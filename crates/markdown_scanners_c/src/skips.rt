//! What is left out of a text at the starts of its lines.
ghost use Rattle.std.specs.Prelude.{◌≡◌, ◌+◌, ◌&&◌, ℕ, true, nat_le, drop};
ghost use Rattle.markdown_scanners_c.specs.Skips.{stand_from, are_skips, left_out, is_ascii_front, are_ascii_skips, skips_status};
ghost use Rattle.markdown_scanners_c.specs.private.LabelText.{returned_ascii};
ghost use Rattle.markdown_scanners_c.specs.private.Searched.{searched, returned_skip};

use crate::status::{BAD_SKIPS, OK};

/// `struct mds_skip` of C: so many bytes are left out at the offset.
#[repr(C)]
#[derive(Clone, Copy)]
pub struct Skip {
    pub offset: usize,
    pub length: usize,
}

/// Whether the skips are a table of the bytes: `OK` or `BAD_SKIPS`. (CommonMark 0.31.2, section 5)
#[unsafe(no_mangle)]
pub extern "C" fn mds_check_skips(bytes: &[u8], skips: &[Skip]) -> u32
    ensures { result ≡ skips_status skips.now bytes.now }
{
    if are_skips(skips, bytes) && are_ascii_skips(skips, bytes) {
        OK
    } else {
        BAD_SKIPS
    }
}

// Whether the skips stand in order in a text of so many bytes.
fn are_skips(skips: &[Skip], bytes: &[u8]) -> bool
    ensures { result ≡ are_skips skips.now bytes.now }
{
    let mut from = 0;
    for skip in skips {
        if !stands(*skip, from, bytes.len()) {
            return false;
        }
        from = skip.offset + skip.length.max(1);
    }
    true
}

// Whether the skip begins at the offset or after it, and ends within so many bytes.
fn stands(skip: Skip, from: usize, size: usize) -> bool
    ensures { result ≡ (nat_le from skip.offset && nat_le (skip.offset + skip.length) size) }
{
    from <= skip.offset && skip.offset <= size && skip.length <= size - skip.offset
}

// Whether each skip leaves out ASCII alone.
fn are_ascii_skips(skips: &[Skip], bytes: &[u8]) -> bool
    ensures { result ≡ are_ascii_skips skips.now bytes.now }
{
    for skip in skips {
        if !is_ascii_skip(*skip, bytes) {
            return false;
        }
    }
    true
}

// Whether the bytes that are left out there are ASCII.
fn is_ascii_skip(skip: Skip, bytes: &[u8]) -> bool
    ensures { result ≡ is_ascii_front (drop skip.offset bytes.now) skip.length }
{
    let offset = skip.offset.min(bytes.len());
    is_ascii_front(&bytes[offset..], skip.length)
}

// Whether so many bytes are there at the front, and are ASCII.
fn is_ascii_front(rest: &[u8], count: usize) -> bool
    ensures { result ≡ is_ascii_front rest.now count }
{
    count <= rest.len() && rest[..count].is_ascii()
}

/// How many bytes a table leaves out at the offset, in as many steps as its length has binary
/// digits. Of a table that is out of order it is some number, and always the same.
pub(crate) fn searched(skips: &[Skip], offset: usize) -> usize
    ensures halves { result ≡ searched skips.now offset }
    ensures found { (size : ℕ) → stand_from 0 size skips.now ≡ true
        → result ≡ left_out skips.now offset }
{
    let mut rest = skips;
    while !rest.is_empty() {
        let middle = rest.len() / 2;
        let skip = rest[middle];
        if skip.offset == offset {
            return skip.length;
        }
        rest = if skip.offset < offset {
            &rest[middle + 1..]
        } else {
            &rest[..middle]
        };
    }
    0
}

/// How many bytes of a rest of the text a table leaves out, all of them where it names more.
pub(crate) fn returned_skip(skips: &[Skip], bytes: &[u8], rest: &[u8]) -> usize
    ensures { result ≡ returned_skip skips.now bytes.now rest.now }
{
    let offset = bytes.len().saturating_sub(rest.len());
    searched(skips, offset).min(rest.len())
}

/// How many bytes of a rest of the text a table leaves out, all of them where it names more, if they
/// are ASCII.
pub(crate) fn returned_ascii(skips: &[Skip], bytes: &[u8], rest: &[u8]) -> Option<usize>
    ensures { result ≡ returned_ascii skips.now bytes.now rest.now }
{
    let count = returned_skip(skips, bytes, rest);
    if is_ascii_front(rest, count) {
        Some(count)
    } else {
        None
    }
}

→ **What you have to do**
A verbatim restatement of all the entries above is required.

→ **Completed task**
filename crates/markdown_scanners_c/src/skips.rt
//! What is left out of a text at the starts of its lines.
ghost use Rattle.std.specs.Prelude.{◌≡◌, ◌+◌, ◌&&◌, ℕ, true, nat_le, drop};
ghost use Rattle.markdown_scanners_c.specs.Skips.{stand_from, are_skips, left_out, is_ascii_front, are_ascii_skips, skips_status};
ghost use Rattle.markdown_scanners_c.specs.private.LabelText.{returned_ascii};
ghost use Rattle.markdown_scanners_c.specs.private.Searched.{searched, returned_skip};

use crate::status::{BAD_SKIPS, OK};

/// `struct mds_skip` of C: so many bytes are left out at the offset.
#[repr(C)]
#[derive(Clone, Copy)]
pub struct Skip {
    pub offset: usize,
    pub length: usize,
}

/// Whether the skips are a table of the bytes: `OK` or `BAD_SKIPS`. (CommonMark 0.31.2, section 5)
#[unsafe(no_mangle)]
pub extern "C" fn mds_check_skips(bytes: &[u8], skips: &[Skip]) -> u32
    ensures { result ≡ skips_status skips.now bytes.now }
{
    if are_skips(skips, bytes) && are_ascii_skips(skips, bytes) {
        OK
    } else {
        BAD_SKIPS
    }
}

// Whether the skips stand in order in a text of so many bytes.
fn are_skips(skips: &[Skip], bytes: &[u8]) -> bool
    ensures { result ≡ are_skips skips.now bytes.now }
{
    let mut from = 0;
    for skip in skips {
        if !stands(*skip, from, bytes.len()) {
            return false;
        }
        from = skip.offset + skip.length.max(1);
    }
    true
}

// Whether the skip begins at the offset or after it, and ends within so many bytes.
fn stands(skip: Skip, from: usize, size: usize) -> bool
    ensures { result ≡ (nat_le from skip.offset && nat_le (skip.offset + skip.length) size) }
{
    from <= skip.offset && skip.offset <= size && skip.length <= size - skip.offset
}

// Whether each skip leaves out ASCII alone.
fn are_ascii_skips(skips: &[Skip], bytes: &[u8]) -> bool
    ensures { result ≡ are_ascii_skips skips.now bytes.now }
{
    for skip in skips {
        if !is_ascii_skip(*skip, bytes) {
            return false;
        }
    }
    true
}

// Whether the bytes that are left out there are ASCII.
fn is_ascii_skip(skip: Skip, bytes: &[u8]) -> bool
    ensures { result ≡ is_ascii_front (drop skip.offset bytes.now) skip.length }
{
    let offset = skip.offset.min(bytes.len());
    is_ascii_front(&bytes[offset..], skip.length)
}

// Whether so many bytes are there at the front, and are ASCII.
fn is_ascii_front(rest: &[u8], count: usize) -> bool
    ensures { result ≡ is_ascii_front rest.now count }
{
    count <= rest.len() && rest[..count].is_ascii()
}

/// How many bytes a table leaves out at the offset, in as many steps as its length has binary
/// digits. Of a table that is out of order it is some number, and always the same.
pub(crate) fn searched(skips: &[Skip], offset: usize) -> usize
    ensures halves { result ≡ searched skips.now offset }
    ensures found { (size : ℕ) → stand_from 0 size skips.now ≡ true
        → result ≡ left_out skips.now offset }
{
    let mut rest = skips;
    while !rest.is_empty() {
        let middle = rest.len() / 2;
        let skip = rest[middle];
        if skip.offset == offset {
            return skip.length;
        }
        rest = if skip.offset < offset {
            &rest[middle + 1..]
        } else {
            &rest[..middle]
        };
    }
    0
}

/// How many bytes of a rest of the text a table leaves out, all of them where it names more.
pub(crate) fn returned_skip(skips: &[Skip], bytes: &[u8], rest: &[u8]) -> usize
    ensures { result ≡ returned_skip skips.now bytes.now rest.now }
{
    let offset = bytes.len().saturating_sub(rest.len());
    searched(skips, offset).min(rest.len())
}

/// How many bytes of a rest of the text a table leaves out, all of them where it names more, if they
/// are ASCII.
pub(crate) fn returned_ascii(skips: &[Skip], bytes: &[u8], rest: &[u8]) -> Option<usize>
    ensures { result ≡ returned_ascii skips.now bytes.now rest.now }
{
    let count = returned_skip(skips, bytes, rest);
    if is_ascii_front(rest, count) {
        Some(count)
    } else {
        None
    }
}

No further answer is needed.